The input section start
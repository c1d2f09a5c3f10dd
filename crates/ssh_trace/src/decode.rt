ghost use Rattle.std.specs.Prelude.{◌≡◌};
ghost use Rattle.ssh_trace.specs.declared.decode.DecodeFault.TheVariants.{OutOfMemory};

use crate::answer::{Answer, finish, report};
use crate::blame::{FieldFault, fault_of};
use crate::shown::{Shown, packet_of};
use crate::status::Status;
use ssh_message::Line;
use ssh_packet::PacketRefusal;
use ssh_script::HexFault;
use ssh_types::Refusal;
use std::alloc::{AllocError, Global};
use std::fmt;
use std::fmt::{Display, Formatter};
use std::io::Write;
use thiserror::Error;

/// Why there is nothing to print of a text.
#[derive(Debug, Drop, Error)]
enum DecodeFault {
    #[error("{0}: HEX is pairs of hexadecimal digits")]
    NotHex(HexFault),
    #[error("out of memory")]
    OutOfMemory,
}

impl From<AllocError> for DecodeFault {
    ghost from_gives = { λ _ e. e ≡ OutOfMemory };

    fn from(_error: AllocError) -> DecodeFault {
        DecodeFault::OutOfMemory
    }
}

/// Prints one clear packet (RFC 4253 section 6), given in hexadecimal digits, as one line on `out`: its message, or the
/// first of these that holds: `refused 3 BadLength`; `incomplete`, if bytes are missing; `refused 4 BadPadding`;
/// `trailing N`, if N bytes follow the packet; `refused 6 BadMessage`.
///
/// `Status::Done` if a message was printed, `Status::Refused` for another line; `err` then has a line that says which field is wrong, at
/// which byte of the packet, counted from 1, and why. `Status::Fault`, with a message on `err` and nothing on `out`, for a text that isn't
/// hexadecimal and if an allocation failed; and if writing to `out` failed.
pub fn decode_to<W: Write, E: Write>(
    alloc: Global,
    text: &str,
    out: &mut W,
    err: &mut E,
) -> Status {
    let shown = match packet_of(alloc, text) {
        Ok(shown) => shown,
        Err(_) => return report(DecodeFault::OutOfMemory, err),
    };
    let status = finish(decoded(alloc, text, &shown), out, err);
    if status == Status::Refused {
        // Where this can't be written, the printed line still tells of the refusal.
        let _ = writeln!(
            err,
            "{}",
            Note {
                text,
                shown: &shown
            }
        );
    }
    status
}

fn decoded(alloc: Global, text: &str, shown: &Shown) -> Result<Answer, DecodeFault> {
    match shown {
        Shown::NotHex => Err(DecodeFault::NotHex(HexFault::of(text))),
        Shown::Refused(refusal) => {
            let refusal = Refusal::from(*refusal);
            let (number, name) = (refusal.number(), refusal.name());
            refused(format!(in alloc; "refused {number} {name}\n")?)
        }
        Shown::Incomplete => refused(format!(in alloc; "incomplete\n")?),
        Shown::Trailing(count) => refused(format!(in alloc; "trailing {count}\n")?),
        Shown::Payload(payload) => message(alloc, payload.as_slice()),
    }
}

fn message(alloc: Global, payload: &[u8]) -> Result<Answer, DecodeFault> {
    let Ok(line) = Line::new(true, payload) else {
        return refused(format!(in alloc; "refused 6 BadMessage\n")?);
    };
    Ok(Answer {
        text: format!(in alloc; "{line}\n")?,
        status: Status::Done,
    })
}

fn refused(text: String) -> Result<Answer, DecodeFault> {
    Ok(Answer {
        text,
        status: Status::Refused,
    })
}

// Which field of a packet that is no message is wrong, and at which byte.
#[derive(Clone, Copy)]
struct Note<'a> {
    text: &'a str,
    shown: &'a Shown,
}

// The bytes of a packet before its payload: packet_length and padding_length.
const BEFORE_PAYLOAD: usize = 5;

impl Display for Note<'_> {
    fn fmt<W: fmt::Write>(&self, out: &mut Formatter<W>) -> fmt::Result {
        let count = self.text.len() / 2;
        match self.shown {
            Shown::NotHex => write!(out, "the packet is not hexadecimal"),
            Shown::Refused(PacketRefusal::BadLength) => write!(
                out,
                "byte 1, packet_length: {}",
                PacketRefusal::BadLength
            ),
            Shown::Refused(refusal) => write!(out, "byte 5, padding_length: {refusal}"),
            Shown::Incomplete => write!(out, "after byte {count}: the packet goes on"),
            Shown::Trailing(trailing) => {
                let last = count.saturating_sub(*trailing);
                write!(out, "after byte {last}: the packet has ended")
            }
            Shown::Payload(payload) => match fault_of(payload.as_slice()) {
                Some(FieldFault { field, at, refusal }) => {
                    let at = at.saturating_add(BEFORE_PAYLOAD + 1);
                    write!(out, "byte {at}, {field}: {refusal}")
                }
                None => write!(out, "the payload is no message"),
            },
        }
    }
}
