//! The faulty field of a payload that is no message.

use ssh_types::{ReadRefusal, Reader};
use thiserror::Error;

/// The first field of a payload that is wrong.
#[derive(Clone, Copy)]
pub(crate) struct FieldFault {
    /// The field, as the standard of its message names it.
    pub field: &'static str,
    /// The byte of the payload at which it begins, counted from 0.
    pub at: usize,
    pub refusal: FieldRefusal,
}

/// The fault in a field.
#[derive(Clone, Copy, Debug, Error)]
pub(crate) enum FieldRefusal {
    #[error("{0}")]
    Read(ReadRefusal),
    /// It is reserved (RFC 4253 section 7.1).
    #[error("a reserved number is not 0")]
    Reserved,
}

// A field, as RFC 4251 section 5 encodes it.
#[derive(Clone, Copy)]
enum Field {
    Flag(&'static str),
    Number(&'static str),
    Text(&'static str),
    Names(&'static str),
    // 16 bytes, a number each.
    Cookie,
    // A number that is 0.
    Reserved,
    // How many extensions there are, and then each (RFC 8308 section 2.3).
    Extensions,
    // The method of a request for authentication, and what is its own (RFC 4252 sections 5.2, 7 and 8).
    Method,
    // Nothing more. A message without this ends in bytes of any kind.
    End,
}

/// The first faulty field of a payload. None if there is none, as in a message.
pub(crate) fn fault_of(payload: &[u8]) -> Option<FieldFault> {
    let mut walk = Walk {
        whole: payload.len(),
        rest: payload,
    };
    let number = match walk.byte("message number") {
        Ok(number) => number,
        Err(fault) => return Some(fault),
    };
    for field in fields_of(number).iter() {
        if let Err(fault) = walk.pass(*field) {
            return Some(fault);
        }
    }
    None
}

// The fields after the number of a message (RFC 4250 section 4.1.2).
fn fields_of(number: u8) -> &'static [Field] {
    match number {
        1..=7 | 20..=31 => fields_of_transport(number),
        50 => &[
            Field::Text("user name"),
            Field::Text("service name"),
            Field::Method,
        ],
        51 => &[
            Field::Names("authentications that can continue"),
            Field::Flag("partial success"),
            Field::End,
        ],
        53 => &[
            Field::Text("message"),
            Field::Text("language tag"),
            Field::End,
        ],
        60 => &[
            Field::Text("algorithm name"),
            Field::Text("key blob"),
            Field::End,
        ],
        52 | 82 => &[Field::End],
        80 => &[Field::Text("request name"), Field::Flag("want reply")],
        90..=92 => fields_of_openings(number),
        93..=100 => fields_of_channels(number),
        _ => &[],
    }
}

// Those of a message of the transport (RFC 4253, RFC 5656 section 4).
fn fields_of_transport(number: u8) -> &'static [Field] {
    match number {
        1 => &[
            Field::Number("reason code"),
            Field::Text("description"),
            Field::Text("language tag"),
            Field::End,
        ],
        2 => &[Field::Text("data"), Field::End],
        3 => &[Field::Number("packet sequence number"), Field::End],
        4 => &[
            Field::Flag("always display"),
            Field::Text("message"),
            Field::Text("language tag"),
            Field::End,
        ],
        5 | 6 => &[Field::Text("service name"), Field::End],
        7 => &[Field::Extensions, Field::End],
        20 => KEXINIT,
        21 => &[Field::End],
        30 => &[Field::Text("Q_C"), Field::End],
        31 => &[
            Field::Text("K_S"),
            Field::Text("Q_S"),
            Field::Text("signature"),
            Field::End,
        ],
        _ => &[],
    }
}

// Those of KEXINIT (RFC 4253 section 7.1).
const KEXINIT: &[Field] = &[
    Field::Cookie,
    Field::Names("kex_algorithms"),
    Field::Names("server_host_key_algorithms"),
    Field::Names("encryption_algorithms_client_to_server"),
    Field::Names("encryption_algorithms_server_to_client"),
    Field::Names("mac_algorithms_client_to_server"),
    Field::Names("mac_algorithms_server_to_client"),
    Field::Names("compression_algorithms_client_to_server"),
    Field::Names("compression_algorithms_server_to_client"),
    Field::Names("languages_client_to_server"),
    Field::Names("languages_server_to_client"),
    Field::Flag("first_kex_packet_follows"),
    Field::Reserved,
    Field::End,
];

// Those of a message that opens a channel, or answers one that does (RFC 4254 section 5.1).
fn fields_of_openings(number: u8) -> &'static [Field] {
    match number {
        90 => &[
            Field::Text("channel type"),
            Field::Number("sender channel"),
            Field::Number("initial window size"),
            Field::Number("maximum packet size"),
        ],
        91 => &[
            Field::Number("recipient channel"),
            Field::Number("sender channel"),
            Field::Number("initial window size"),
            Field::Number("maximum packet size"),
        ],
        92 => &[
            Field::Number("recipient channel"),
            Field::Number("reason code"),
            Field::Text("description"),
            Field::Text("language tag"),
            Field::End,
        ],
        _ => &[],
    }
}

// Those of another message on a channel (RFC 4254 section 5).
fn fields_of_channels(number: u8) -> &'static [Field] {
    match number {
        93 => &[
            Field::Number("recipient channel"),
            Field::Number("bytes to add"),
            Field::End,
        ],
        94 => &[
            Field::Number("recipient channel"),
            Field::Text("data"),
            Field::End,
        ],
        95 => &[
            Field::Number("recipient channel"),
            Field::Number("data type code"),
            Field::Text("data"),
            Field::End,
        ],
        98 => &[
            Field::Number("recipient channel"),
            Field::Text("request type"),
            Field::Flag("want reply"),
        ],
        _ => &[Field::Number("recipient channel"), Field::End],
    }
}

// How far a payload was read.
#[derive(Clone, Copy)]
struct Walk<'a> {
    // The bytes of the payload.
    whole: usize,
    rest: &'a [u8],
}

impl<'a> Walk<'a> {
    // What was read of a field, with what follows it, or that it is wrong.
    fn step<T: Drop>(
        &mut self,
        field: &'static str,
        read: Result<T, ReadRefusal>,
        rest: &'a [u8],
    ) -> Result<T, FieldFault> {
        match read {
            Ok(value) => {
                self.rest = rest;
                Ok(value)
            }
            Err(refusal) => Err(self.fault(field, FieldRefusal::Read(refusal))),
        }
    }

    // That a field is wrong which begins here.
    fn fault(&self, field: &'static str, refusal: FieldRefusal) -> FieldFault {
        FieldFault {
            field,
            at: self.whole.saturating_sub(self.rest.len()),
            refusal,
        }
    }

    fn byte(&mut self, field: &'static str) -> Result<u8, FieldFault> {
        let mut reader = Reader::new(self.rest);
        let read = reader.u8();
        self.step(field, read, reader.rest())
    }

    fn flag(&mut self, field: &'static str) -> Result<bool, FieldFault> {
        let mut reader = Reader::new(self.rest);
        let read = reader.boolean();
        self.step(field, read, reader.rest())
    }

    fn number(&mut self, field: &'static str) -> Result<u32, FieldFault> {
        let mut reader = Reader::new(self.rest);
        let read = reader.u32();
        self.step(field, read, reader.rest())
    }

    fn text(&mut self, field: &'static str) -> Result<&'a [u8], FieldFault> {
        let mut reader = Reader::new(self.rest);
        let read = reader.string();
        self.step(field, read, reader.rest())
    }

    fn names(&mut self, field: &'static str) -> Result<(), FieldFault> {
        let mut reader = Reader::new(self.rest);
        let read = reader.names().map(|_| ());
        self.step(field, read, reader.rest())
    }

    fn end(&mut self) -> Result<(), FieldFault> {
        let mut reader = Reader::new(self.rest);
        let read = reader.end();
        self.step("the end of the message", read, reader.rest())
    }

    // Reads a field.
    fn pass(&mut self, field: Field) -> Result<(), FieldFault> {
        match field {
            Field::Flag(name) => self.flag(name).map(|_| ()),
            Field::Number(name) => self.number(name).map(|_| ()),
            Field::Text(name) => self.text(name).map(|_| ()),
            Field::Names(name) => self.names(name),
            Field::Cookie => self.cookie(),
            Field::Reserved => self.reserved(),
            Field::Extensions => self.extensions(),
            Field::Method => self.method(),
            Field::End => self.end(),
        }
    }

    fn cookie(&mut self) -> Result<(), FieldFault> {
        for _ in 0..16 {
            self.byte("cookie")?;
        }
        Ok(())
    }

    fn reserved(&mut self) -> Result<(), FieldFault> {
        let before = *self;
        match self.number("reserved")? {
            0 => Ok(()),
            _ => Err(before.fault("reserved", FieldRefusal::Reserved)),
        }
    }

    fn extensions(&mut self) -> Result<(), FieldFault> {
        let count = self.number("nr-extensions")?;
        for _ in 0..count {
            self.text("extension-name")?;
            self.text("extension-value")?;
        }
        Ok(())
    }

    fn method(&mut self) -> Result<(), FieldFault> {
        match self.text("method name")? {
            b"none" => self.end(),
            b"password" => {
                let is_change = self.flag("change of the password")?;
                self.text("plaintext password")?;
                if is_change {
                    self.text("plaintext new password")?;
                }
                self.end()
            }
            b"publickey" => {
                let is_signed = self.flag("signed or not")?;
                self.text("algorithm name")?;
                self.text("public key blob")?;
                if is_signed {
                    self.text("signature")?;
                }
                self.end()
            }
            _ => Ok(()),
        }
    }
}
The input section end
_Assigned task_. The answer consists of the lines above that include the word "Rattle", each copied exactly.

_Result of this task_.
ghost use Rattle.std.specs.Prelude.{◌≡◌};
ghost use Rattle.ssh_trace.specs.declared.decode.DecodeFault.TheVariants.{OutOfMemory};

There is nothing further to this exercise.